Dass sein Leben ihn nach Costa Rica führen würde, hatte Josef Klein nicht erwartet, als er fünfundzwanzig Jahre zuvor aus Neuss nach New York auswanderte. Der Anfang ist hart, doch nachdem er den Hilfsjob in der Druckerei gefunden hat, kommt sein Leben in geregelte Bahnen. In seiner Freizeit sitzt er vor seinem Empfänger, mit er Kontakt überall auf der Welt aufnehmen kann, so lernt er auch Lauren kennen, die junge Frau, die sich ihren Eltern widersetzt und ihre eigenen beruflichen Pläne verfolgt. Doch auch im Kreis seiner deutschen Bekannten regt sein Hobby Interesse und bald schon wird er gebeten, Nachrichten zu senden, verschlüsselte Zahlenreihen, alles nur zum Wohle des langsam erstarkenden Vaterlands. Lange verschließt Joe, wie er sich in den USA nennt, die Augen, doch die Anzeichen des drohenden Krieges werden immer deutlicher und bald muss auch er sich fragen, auf welcher Seite er steht.

Aus heutiger Sicht scheint vieles bezogen auf historische Ereignisse klar, die Fronten geklärt und die Grenze zwischen schwarz und weiß unverkennbar. Ulla Lenze indes zeichnet ein komplexes Bild des kleinen Mannes, der vielleicht mehr hätte wissen und sehen können, vielleicht naiv war, aber auch Jahre nach dem Krieg noch nicht sicher ist, ob er vorsätzlich missbraucht und geopfert wurde oder ob der Verlauf der Dinge einfach unglücklich war. Vor allem aber erkennt man in ihrem Protagonisten, wie schwer es für die Generation jener Auswanderer war, die in den 1920ern in der Hoffnung auf eine bessere Zukunft in die Welt aufgebrochen waren und dann durch das Nazi-Regime und den zweiten Weltkrieg plötzlich zwischen den Stühlen saßen und Partei für eine Seite ergreifen sollten, ohne zu wissen, wo sie eigentlich standen.

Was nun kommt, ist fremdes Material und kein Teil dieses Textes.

//! Double-ended iterators over marks: a bound that says which marks are left, as std's `Iterator` does not.
ghost use Rattle.std.specs.Prelude.{◌≡◌, ◌<◌, Bool, List, [], ◌∷◌, ◌++◌, length};

/// A double-ended iterator over marks. A caller that knows that a mark is left gets it without an
/// `Option`.
pub trait MarkIter: Drop {
    /// The marks that are left, in order.
    ghost marks: { Self → List Bool };

    /// Removes and returns the first mark that is left.
    fn pass(&mut self) -> bool
        requires { 0 < length (marks self.old) }
        ensures { marks self.old ≡ result ∷ marks self.new };

    /// Removes and returns the last mark that is left.
    fn pass_back(&mut self) -> bool
        requires { 0 < length (marks self.old) }
        ensures { marks self.old ≡ marks self.new ++ result ∷ [] };
}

Auf mehreren Ebenen lässt die Autorin durch Rückblenden die Geschehnisse aufleben. Man beginnt am Ende in Costa Rica, davor standen Josefs harte Monate bei seinem Bruder in Neuss, zu dem er nach der Ausweisung aus den USA flüchtete. So interessant der Handlungsstrang in New York ist, fand ich die Entwicklung des Verhältnisses der beiden Brüder am spannendsten. Es ist eine Geschichte voller Missverständnisse, Nicht-Gesagtem, Enttäuschungen und unterschiedlichen Lebensentscheidungen. Erst bewegen sie sich langsam und vorsichtig umeinander, doch es ist klar, dass der große Eklat kommen muss. Nicht nur weil sie so verschieden sind, sondern weil es ihnen schwer fällt, die Perspektive des anderen einzunehmen und ihn wirklich zu verstehen.

Die Geschichte basiert auf wahren Erlebnissen des Onkels der Autorin und sie macht damit einen Teil der Spionagegeschichte zugänglich, der oftmals vergessen, dank der mitreißenden Erzählweise und dem cleveren Handlungsaufbau durch diesen Roman lebendig wird.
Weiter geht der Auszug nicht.